Financial Services: Surface trends and anomalies with governed, auditable access.
Technology: Give product and growth teams self-service answers from data.
Healthcare: Analyze operational and outcome data with strict access controls.
Manufacturing: Monitor production and supply metrics and flag anomalies early.
Professional Services: Track utilization, margins, and project metrics conversationally.
Test on your data and questions. Verify the agent returns correct, explainable answers, accuracy is the whole point.
Confirm support for a semantic layer so metrics are consistent and answers map to trusted definitions.
Check native connectors to your warehouse, databases, and BI tools.
Verify row/column-level access controls, SSO, and compliance for sensitive data.
Look for shown queries and reasoning so analysts can validate AI conclusions.
Understand seat vs. query pricing and how it scales with users and data volume.
Data agents are moving from answering single questions to running multi-step investigations and producing full analyses.
Tighter semantic layers and explainability are making AI-generated insights trustworthy and auditable.
Proactive, agentic monitoring will surface issues and recommended actions before anyone asks.
Buyers should prioritize accuracy, semantic governance, strong access controls, explainability, and transparent data handling.
An AI data analysis agent connects to your data and lets users ask questions in plain language, then generates and runs the queries, returns charts and summaries, and explains the findings. It automates the analytical work, querying, trend and anomaly detection, and narrative explanation, so business users can self-serve answers and analysts focus on deeper work.
Traditional BI requires building dashboards and writing queries; users consume pre-built reports. AI data agents let anyone ask new questions in natural language and get answers, charts, and explanations on demand, and they proactively surface trends and anomalies. The best approach pairs an AI agent with a governed semantic layer so answers stay accurate and consistent.

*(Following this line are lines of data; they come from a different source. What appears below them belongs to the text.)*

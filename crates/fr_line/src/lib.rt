//! The tree of splits and joins of seats.
//!
//! A seat is a token that steps on a shared table. It may be split in two, and two may be joined
//! into one. Each seat keeps a line, which says what part of the tree of all splits it stands for:
//! a map from addresses to counts. An address is a list of numbers. The first seat has the empty
//! address. A split of a seat gives the new one the address of a child of one of its own, that is,
//! that address followed by the number of children that it had before. A join gives all addresses
//! of one seat to the other.
//!
//! A seat that has the empty address and, with each of its addresses, all the children of that
//! address, is whole: every other seat then has nothing. So what a seat knows by itself shows that
//! all others were joined into it.
//!
//! The lines stand in proofs alone. The functions compute nothing: the contract of each is a law
//! that holds of the definitions.
#![tactic(auto)]

ghost use Rattle.fr_line.specs.Laws.{FirstSeatIsWhole, SplitsKeepTheTree, JoinsKeepTheTree, WholeSeatIsAlone, LinesMakeATree, CrewsKeepTheTree};

use std::collections::LinkedList;

/// An address of the tree, and how many children it has. No value of it is made.
pub struct Branch {
    /// The numbers of the children on the way from the root, the last one first.
    pub address: LinkedList<u64>,
    /// How many children were split off at this address.
    pub count: u64,
}

/// The first seat has the whole tree, which is the empty address without children.
pub fn first_seat_is_whole()
    ensures { FirstSeatIsWhole }
{}

/// A split keeps the tree, and leaves the seat that was split no longer whole.
pub fn splits_keep_the_tree()
    ensures { SplitsKeepTheTree }
{}

/// A join keeps the tree.
pub fn joins_keep_the_tree()
    ensures { JoinsKeepTheTree }
{}

/// Where one seat is whole, each other has nothing, and where each other has nothing, it is whole.
pub fn whole_seat_is_alone()
    ensures { WholeSeatIsAlone }
{}

/// Each address stands in the line of one seat and once, and the addresses are the empty one and
/// the children of addresses, all of them.
pub fn lines_make_a_tree()
    ensures { LinesMakeATree }
{}

/// One seat and those that were split from it and are still out: what a split and a join change,
/// and that the one is whole when all are back.
pub fn crews_keep_the_tree()
    ensures { CrewsKeepTheTree }
{}
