//! A source in memory, whose reads fail as they are told.
ghost use Rattle.std.specs.Prelude.{◌≡◌, ◌≤◌, ◌<◌, [], ◌∷◌, Some, true, false, take, length, min, IfOk, OnErr, MatchResult};
ghost use Rattle.nc_outside.specs.Fault.{HasRisen};
ghost use Rattle.nc_outside.specs.Flow.{MovesTo};

use crate::calls::Calls;
use crate::source::{Failed, Source};
use crate::unread::Unread;
use nc_types::{Bytes, List};

/// Gives its bytes, at each read as many as the room takes.
#[derive(Drop)]
pub struct MemSource {
    unread: Unread,
    calls: Calls,
}

impl MemSource {
    ghost use Rattle.nc_outside.specs.Memory.{bytes_left, given_by, reads, no_calls};

    /// A source of these bytes. The reads with the numbers `fails`, counted from 0, fail.
    pub fn new(bytes: Bytes, fails: List<u64>) -> MemSource
        ensures left { bytes_left result ≡ bytes }
        ensures given { given_by result ≡ [] }
        ensures unused { reads result ≡ no_calls fails }
    {
        MemSource {
            unread: Unread::new(bytes),
            calls: Calls::new(fails),
        }
    }
}

impl Source for MemSource {
    ghost use Rattle.nc_outside.specs.Memory.{bytes_left, given_by, reads, is_failing, after_call, after_fault};

    ghost left = { λ s. Some (bytes_left s) };

    ghost given = { λ s. given_by s };

    ghost faults = { λ s. s.calls.faults };

    /// Fails exactly where its number is among those that are to fail.
    fn read(&mut self, room: &mut [u8]) -> Result<usize, Failed>
        requires { 0 < length room.old }
        ensures named { MatchResult result (λ _. is_failing (reads self.old) ≡ false) (λ _. is_failing (reads self.old) ≡ true) }
        ensures many { IfOk result (λ n. n ≡ min (length room.old) (length (bytes_left self.old))) }
        ensures given { IfOk result (λ n. given_by self.new ≡ take n room.new ∷ given_by self.old) }
        ensures ungiven { OnErr result (given_by self.new ≡ given_by self.old) }
        ensures moved { IfOk result (λ n. MovesTo (bytes_left self.old) (Some (bytes_left self.new)) room.new n) }
        ensures unmoved { OnErr result (bytes_left self.new ≡ bytes_left self.old) }
        ensures next { MatchResult result
            (λ _. reads self.new ≡ after_call (reads self.old))
            (λ _. reads self.new ≡ after_fault (reads self.old)) }
        ensures counted { (reads self.old).faults ≤ (reads self.new).faults }
    {
        if self.calls.is_failing() {
            return Err(self.calls.fail());
        }
        self.calls.succeed();
        Ok(self.unread.fill(room))
    }
}
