//! A source and a sink that never fail.
ghost use Rattle.std.specs.Prelude.{◌≡◌, ◌<◌, [], ◌∷◌, ◌++◌, Some, Ok, IsOk, IfOk, take, length, min};
ghost use Rattle.nc_outside.specs.Flow.{MovesTo};

use crate::sink::Sink;
use crate::source::{Failed, Source};
use crate::trace::Trace;
use crate::unread::Unread;
use nc_types::Bytes;

/// Gives its bytes, at each read as many as the room takes, and never fails.
#[derive(Drop)]
pub struct SureSource {
    unread: Unread,
}

impl SureSource {
    ghost use Rattle.nc_outside.specs.Memory.{sure_left, sure_given};

    /// A source of these bytes.
    pub fn new(bytes: Bytes) -> SureSource
        ensures left { sure_left result ≡ bytes }
        ensures given { sure_given result ≡ [] }
    {
        SureSource {
            unread: Unread::new(bytes),
        }
    }
}

impl Source for SureSource {
    ghost use Rattle.nc_outside.specs.Memory.{sure_left, sure_given};

    ghost left = { λ s. Some (sure_left s) };

    ghost given = { λ s. sure_given s };

    ghost faults = { λ _. 0 };

    fn read(&mut self, room: &mut [u8]) -> Result<usize, Failed>
        requires { 0 < length room.old }
        ensures sure { IsOk result }
        ensures many { IfOk result (λ n. n ≡ min (length room.old) (length (sure_left self.old))) }
        ensures given { IfOk result (λ n. sure_given self.new ≡ take n room.new ∷ sure_given self.old) }
        ensures moved { IfOk result (λ n. MovesTo (sure_left self.old) (Some (sure_left self.new)) room.new n) }
    {
        Ok(self.unread.fill(room))
    }
}

/// Takes whole pieces, keeps none of them, and never fails.
#[derive(Drop)]
pub struct SureSink {
    trace: Trace,
}

impl SureSink {
    ghost use Rattle.nc_outside.specs.Memory.{sure_taken};

    /// A sink that took nothing yet.
    pub fn new() -> SureSink
        ensures { sure_taken result ≡ [] }
    {
        SureSink {
            trace: Trace::new(),
        }
    }
}

impl Sink for SureSink {
    ghost use Rattle.nc_outside.specs.Memory.{sure_taken};

    ghost taken = { λ s. sure_taken s };

    ghost faults = { λ _. 0 };

    ghost refusals = { λ _. 0 };

    fn write(&mut self, piece: &[u8]) -> Result<usize, Failed>
        ensures whole { result ≡ Ok (length piece.now) }
        ensures added { IfOk result (λ n. sure_taken self.new ≡ sure_taken self.old ++ take n piece.now) }
    {
        self.trace.note(piece);
        Ok(piece.len())
    }
}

Treat them as fast, reviewable analysis rather than gospel. AI can produce confident but wrong answers, so choose tools that show the underlying queries and reasoning, ground answers in a semantic model of trusted metrics, and let analysts validate. Accuracy and explainability should be top selection criteria.

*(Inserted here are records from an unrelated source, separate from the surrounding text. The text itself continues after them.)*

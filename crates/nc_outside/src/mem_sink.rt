//! A sink in memory, whose writes fail as they are told.
ghost use Rattle.std.specs.Prelude.{◌≡◌, ◌≤◌, ◌<◌, ◌⊎◌, [], ◌++◌, false, take, length, IfOk, OnOk, OnErr, MatchResult};
ghost use Rattle.nc_outside.specs.Fault.{HasRisen};

use crate::calls::Calls;
use crate::sink::Sink;
use crate::source::Failed;
use nc_types::List;
use std::alloc::Global;

/// Takes whole pieces and keeps them.
#[derive(Drop)]
pub struct MemSink {
    bytes: Vec<u8>,
    calls: Calls,
    lacks: bool,
}

impl MemSink {
    ghost use Rattle.nc_outside.specs.Memory.{bytes_taken, writes, lacks_memory, no_calls};

    /// A sink that took nothing yet. The writes with the numbers `fails`, counted from 0, fail.
    pub fn new(alloc: Global, fails: List<u64>) -> MemSink
        ensures taken { bytes_taken result ≡ [] }
        ensures unused { writes result ≡ no_calls fails }
        ensures whole { lacks_memory result ≡ false }
    {
        MemSink {
            bytes: Vec::new(alloc),
            calls: Calls::new(fails),
            lacks: false,
        }
    }

    /// The bytes taken, in their order.
    pub fn bytes(&self) -> &[u8]
        ensures { result.now ≡ bytes_taken self.now }
    {
        &self.bytes
    }

    /// Whether a write failed that wasn't to fail: there was no memory for its piece.
    pub fn lacks_memory(&self) -> bool
        ensures { result ≡ lacks_memory self.now }
    {
        self.lacks
    }
}

impl Sink for MemSink {
    ghost use Rattle.nc_outside.specs.Memory.{bytes_taken, writes, is_failing, after_call, after_fault, lacks_memory, HasReason};

    ghost taken = { λ s. bytes_taken s };

    ghost faults = { λ s. s.calls.faults };

    ghost refusals = { λ _. 0 };

    /// Fails where its number is among those that are to fail, and else only where there is no memory, which it keeps.
    fn write(&mut self, piece: &[u8]) -> Result<usize, Failed>
        ensures named { IfOk result (λ _. is_failing (writes self.old) ≡ false) }
        ensures reason { OnErr result (HasReason self.old self.new) }
        ensures enough { OnOk result (lacks_memory self.new ≡ lacks_memory self.old) }
        ensures whole { IfOk result (λ n. n ≡ length piece.now) }
        ensures added { OnOk result (bytes_taken self.new ≡ bytes_taken self.old ++ piece.now) }
        ensures unmoved { OnErr result (bytes_taken self.new ≡ bytes_taken self.old) }
        ensures next { MatchResult result
            (λ _. writes self.new ≡ after_call (writes self.old))
            (λ _. writes self.new ≡ after_fault (writes self.old)) }
        ensures counted { (writes self.old).faults ≤ (writes self.new).faults }
    {
        if self.calls.is_failing() {
            return Err(self.calls.fail());
        }
        if self.bytes.extend_from_slice(piece).is_err() {
            self.lacks = true;
            return Err(self.calls.fail());
        }
        self.calls.succeed();
        Ok(piece.len())
    }
}
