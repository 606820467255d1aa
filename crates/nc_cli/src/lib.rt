//! The words of the command line, and the command that they are.
//!
//! The top call stands above. Below stands `nc_types`, which reads numbers.
//! `specs/Words.antt` says which words are a command, and what the usage is.
#![tactic(auto)]

ghost use Rattle.std.specs.Prelude.{◌≡◌, ◌≤◌, ◌<◌, ◌∷◌, ◌↔◌, [], map, string_bytes, codes, IsTrue, IfSome, IfNone, ℕ};
ghost use Rattle.nc_types.specs.Text.{IsDecimal};
ghost use Rattle.nc_cli.specs.Words.{IsRead, OneCommand, usage_text};

use nc_types::text::read_decimal;

/// The greatest size of a load.
const GREATEST_SIZE: u64 = 65_535;

/// A command of the program.
#[derive(Clone, Copy, Debug, PartialEq, Eq)]
pub enum Command {
    /// `replay`: the journal of a script's lines.
    Replay,
    /// `check`: whether a configuration is accepted.
    Check,
    /// `load SEED SIZE`: what comes of a script that is made from two numbers, the size from 1 to 65,535.
    Load { seed: u64, size: u32 },
    /// The words are no command, so that the usage is printed.
    Usage,
}

fn is_word(word: &String, text: &[u8]) -> bool
    ensures { IsTrue result ↔ (string_bytes word.now ≡ text.now) }
{
    word.as_bytes() == text
}

fn read_word(word: &String) -> Command
    ensures { IsRead (string_bytes word.now ∷ []) result }
{
    if is_word(word, b"replay") {
        return Command::Replay;
    }
    if is_word(word, b"check") {
        return Command::Check;
    }
    Command::Usage
}

/// The size of a load.
fn read_size(word: &String) -> Option<u32>
    ensures some { IfSome result (λ n. IsDecimal (string_bytes word.now) n × (1 ≤ n) × (n ≤ 65535)) }
    ensures none { IfNone result ((n : ℕ) → IsDecimal (string_bytes word.now) n → 1 ≤ n → n ≤ 65535 → ⊥) }
{
    let n = read_decimal(word.as_bytes(), GREATEST_SIZE)?;
    if n == 0 { None } else { Some(n as u32) }
}

/// The load of a seed and a size, or the usage where one of them can't be read.
fn read_load(seed: &String, size: &String) -> Command
    ensures { IsRead (codes "load" ∷ string_bytes seed.now ∷ string_bytes size.now ∷ []) result }
{
    let Some(seed) = read_decimal(seed.as_bytes(), u64::MAX) else {
        return Command::Usage;
    };
    let Some(size) = read_size(size) else {
        return Command::Usage;
    };
    Command::Load { seed, size }
}

fn read_three(name: &String, seed: &String, size: &String) -> Command
    ensures { IsRead (string_bytes name.now ∷ string_bytes seed.now ∷ string_bytes size.now ∷ []) result }
{
    if is_word(name, b"load") {
        return read_load(seed, size);
    }
    Command::Usage
}

/// The command that the words behind the program's name are.
pub fn read_words(words: &[String]) -> Command
    ensures { IsRead (map string_bytes words.now) result }
{
    match words {
        [word] => read_word(word),
        [name, seed, size] => read_three(name, seed, size),
        _ => Command::Usage,
    }
}

/// The usage: one line, with its LF.
pub fn usage() -> &'static [u8]
    ensures { result.now ≡ usage_text }
{
    b"usage: nchan replay | check | load SEED SIZE | serve\n"
}

/// The same words are never two commands.
pub fn one_command()
    ensures { OneCommand }
{}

Most connect to data warehouses, databases, and BI tools, and work best when your data is reasonably organized and a semantic model defines key metrics. Some can analyze uploaded files or smaller datasets directly, but enterprise use typically assumes a warehouse and governed definitions.
Reputable platforms offer SSO, row- and column-level access controls, encryption, and compliance certifications, ensuring users only see data they're permitted to. Confirm whether your data is used to train shared models and where it's processed, especially for regulated or sensitive data.

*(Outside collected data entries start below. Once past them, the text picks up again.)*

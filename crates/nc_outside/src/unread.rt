//! Bytes in memory that are read from the front.
ghost use Rattle.std.specs.Prelude.{◌≡◌, ◌≤◌, ◌∷◌, [], take, length, min};
ghost use Rattle.nc_outside.specs.Flow.{MovesTo};

use crate::trace::Trace;
use nc_types::Bytes;

/// Bytes of which those before a place were read.
#[derive(Drop)]
pub struct Unread {
    bytes: Bytes,
    at: usize,
    trace: Trace,
    ghost within: { at ≤ length bytes },
}

impl Unread {
    ghost use Rattle.std.specs.Prelude.{Some};
    ghost use Rattle.nc_outside.specs.Memory.{unread, given};

    /// All of the bytes, none of them read.
    pub fn new(bytes: Bytes) -> Unread
        ensures unread { unread result ≡ bytes }
        ensures given { given result ≡ [] }
    {
        Unread {
            bytes,
            at: 0,
            trace: Trace::new(),
        }
    }

    /// Moves as many bytes to the front of the room as it takes, and says how many.
    pub fn fill(&mut self, room: &mut [u8]) -> usize
        ensures many { result ≡ min (length room.old) (length (unread self.old)) }
        ensures given { given self.new ≡ take result room.new ∷ given self.old }
        ensures moved { MovesTo (unread self.old) (Some (unread self.new)) room.new result }
    {
        let rest = &self.bytes.as_slice()[self.at..];
        let many = room.len().min(rest.len());
        room[..many].copy_from_slice(&rest[..many]);
        self.at += many;
        self.trace.note(&room[..many]);
        many
    }
}
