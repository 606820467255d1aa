//! What follows from the definitions. The function does nothing: its contract is the laws.
ghost use Rattle.nc_outside.specs.Laws.{GivesOnce, GivesAllOnce, NeverGoesOn};

/// What a source gave between two moments is one text, if it is one at all.
pub fn one_text()
    ensures to_the_end { GivesAllOnce }
    ensures so_far { GivesOnce }
    ensures ended { NeverGoesOn }
{}
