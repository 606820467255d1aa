//! What a program is handed from outside: sources of bytes and sinks for them, and such objects in memory.
//!
//! The types of `nc_types` stand below. What reads and writes stands above and takes any [`Source`] and [`Sink`];
//! the objects in memory take the place of the system's in tests.
#![tactic(auto)]

mod calls;
pub mod laws;
mod mem_sink;
mod mem_source;
mod sink;
mod source;
mod sure;
mod trace;
mod unread;

pub use mem_sink::MemSink;
pub use mem_source::MemSource;
pub use sink::Sink;
pub use source::{Failed, Source};
pub use sure::{SureSink, SureSource};
pub use trace::Trace;
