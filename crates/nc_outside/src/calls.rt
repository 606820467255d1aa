//! The calls of an object in memory: how many were made, which of them are to fail, and how many failed.
ghost use Rattle.std.specs.Prelude.{◌≡◌, ◌≤◌};

use crate::source::Failed;
use nc_types::List;

/// Counts the calls of an object, and those that failed.
#[derive(Drop)]
pub struct Calls {
    failing: List<u64>,
    made: u64,
    faults: u64,
}

impl Calls {
    ghost use Rattle.nc_outside.specs.Memory.{no_calls, is_failing, after_call, after_fault};

    /// None made yet. Those with the numbers `failing`, counted from 0, are to fail.
    pub fn new(failing: List<u64>) -> Calls
        ensures { result ≡ no_calls failing }
    {
        Calls {
            failing,
            made: 0,
            faults: 0,
        }
    }

    /// Whether the next call is to fail.
    pub fn is_failing(&self) -> bool
        ensures { result ≡ is_failing self.now }
    {
        self.failing.as_slice().contains(&self.made)
    }

    /// Counts a call that did its work.
    pub fn succeed(&mut self)
        ensures { self.new ≡ after_call self.old }
    {
        self.made = self.made.saturating_add(1);
    }

    /// Counts a call that failed.
    pub fn fail(&mut self) -> Failed
        ensures state { self.new ≡ after_fault self.old }
        ensures counted { self.old.faults ≤ self.new.faults }
    {
        self.made = self.made.saturating_add(1);
        self.faults = self.faults.saturating_add(1);
        Failed
    }
}
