//! Where bytes go to.
//!
//! A sink tells contracts which bytes its writes took so far.
ghost use Rattle.std.specs.Prelude.{◌≡◌, ◌≤◌, ◌<◌, ◌⊎◌, ◌++◌, ℕ, List, take, length, IfOk, OnErr};
ghost use Rattle.nc_outside.specs.Fault.{HasRisen};

use crate::source::Failed;

/// Takes bytes in their order.
pub trait Sink {
    /// The bytes taken, in their order.
    ghost taken: { Self → List ℕ };

    /// How often a call failed. A count at the last value of 64 bits counts as risen.
    ghost faults: { Self → ℕ };

    /// How often a call took nothing of a piece that isn't empty, counted in the same way.
    ghost refusals: { Self → ℕ };

    /// Takes bytes from the front of the piece, and says how many.
    ///
    /// It errs where the sink failed, and then takes none.
    fn write(&mut self, piece: &[u8]) -> Result<usize, Failed>
        ensures within { IfOk result (λ n. n ≤ length piece.now) }
        ensures added { IfOk result (λ n. taken self.new ≡ taken self.old ++ take n piece.now) }
        ensures nothing { IfOk result (λ n. n ≡ 0 → 0 < length piece.now → HasRisen (refusals self.old) (refusals self.new)) }
        ensures something { IfOk result (λ n. (0 < n) ⊎ (length piece.now ≡ 0) → refusals self.new ≡ refusals self.old) }
        ensures no_fault { IfOk result (λ _. faults self.new ≡ faults self.old) }
        ensures failed { OnErr result (HasRisen (faults self.old) (faults self.new)) }
        ensures unmoved { OnErr result (taken self.new ≡ taken self.old) }
        ensures unrefused { OnErr result (refusals self.new ≡ refusals self.old) }
        ensures counted { faults self.old ≤ faults self.new }
        ensures refusals_counted { refusals self.old ≤ refusals self.new };
}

A semantic layer defines your metrics, dimensions, and relationships, what 'revenue' or 'active user' actually means, so AI-generated answers map to trusted, consistent definitions. Without it, the agent may interpret questions inconsistently or produce numbers that don't match official reports.
Common models are per-seat subscriptions or usage-based (per query/compute), often with tiers for connectors, governance, and advanced agentic features. Estimate your user count and query volume, and factor in semantic-model setup effort, to compare true cost.
Prioritize answer accuracy and explainability on your data, semantic-layer support and governance, native connectors, security and access controls, and pricing that scales with users and queries. Run a proof of concept on real questions and validate results against known numbers before rolling out.